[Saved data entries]

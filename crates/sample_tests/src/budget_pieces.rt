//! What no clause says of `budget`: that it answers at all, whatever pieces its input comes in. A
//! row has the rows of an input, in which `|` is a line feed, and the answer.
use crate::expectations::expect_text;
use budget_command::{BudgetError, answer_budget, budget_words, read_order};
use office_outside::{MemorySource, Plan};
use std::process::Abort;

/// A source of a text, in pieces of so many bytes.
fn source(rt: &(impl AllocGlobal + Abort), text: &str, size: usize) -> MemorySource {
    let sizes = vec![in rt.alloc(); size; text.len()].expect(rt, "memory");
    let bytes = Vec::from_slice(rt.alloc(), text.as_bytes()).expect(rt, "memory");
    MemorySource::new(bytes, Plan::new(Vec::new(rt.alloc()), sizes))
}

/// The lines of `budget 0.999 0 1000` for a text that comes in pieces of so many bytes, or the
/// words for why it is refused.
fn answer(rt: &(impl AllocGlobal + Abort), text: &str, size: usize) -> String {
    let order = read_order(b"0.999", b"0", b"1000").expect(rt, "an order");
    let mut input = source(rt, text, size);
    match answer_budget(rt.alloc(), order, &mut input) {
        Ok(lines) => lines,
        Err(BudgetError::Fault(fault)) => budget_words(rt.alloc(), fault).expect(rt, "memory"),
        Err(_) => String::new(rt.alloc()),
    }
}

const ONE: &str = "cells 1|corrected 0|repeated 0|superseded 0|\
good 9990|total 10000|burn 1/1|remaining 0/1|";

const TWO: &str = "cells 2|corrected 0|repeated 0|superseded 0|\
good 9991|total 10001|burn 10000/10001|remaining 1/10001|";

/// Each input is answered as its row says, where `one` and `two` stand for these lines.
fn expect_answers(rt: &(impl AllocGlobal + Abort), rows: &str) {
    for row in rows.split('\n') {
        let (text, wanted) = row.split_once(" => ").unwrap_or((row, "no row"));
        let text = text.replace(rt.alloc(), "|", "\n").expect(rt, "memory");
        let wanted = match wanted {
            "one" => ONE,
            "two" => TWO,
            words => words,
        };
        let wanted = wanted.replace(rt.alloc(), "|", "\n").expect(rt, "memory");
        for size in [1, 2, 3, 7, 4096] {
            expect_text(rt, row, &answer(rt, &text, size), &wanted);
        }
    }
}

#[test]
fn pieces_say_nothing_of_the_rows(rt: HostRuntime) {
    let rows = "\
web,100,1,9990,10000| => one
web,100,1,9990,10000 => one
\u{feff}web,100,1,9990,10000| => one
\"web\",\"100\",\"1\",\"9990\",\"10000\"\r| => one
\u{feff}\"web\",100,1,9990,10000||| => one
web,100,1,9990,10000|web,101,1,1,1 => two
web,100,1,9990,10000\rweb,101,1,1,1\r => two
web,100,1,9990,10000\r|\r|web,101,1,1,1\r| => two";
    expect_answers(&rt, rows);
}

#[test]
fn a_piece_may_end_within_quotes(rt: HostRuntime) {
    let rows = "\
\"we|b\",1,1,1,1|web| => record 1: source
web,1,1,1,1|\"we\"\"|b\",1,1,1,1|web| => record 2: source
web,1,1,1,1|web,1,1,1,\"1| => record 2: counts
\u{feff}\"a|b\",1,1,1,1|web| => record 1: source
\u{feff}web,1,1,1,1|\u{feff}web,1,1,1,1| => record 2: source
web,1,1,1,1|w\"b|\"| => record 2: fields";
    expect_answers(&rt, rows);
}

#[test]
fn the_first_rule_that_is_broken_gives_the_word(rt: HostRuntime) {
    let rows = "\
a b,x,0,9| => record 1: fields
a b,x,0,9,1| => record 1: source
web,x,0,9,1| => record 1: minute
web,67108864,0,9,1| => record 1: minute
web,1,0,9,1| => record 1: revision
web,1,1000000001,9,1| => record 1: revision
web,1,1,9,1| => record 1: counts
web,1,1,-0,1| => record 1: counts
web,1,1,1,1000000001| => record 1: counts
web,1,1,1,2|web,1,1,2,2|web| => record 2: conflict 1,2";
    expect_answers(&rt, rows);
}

Work instructions:
What lines in the data include the string "minute"? Copy each one.

Response:
web,x,0,9,1| => record 1: minute
web,67108864,0,9,1| => record 1: minute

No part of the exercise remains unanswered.